> [What the exercise asks]: Retype the entries below word for word, leaving none out.

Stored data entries
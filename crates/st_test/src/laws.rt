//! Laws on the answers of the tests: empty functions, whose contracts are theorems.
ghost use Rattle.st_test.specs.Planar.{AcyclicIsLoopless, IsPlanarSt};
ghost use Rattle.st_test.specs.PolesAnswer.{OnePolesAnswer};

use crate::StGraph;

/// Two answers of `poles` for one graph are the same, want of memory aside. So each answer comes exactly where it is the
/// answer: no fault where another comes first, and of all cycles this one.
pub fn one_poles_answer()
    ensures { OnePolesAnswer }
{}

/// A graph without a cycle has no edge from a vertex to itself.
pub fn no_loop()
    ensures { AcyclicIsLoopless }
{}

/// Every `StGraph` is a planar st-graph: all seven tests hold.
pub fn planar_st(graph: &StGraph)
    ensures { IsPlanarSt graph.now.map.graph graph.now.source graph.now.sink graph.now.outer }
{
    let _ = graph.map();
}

> [Finished task]:
filename crates/st_test/src/laws.rt
//! Laws on the answers of the tests: empty functions, whose contracts are theorems.
ghost use Rattle.st_test.specs.Planar.{AcyclicIsLoopless, IsPlanarSt};
ghost use Rattle.st_test.specs.PolesAnswer.{OnePolesAnswer};

use crate::StGraph;

/// Two answers of `poles` for one graph are the same, want of memory aside. So each answer comes exactly where it is the
/// answer: no fault where another comes first, and of all cycles this one.
pub fn one_poles_answer()
    ensures { OnePolesAnswer }
{}

/// A graph without a cycle has no edge from a vertex to itself.
pub fn no_loop()
    ensures { AcyclicIsLoopless }
{}

/// Every `StGraph` is a planar st-graph: all seven tests hold.
pub fn planar_st(graph: &StGraph)
    ensures { IsPlanarSt graph.now.map.graph graph.now.source graph.now.sink graph.now.outer }
{
    let _ = graph.map();
}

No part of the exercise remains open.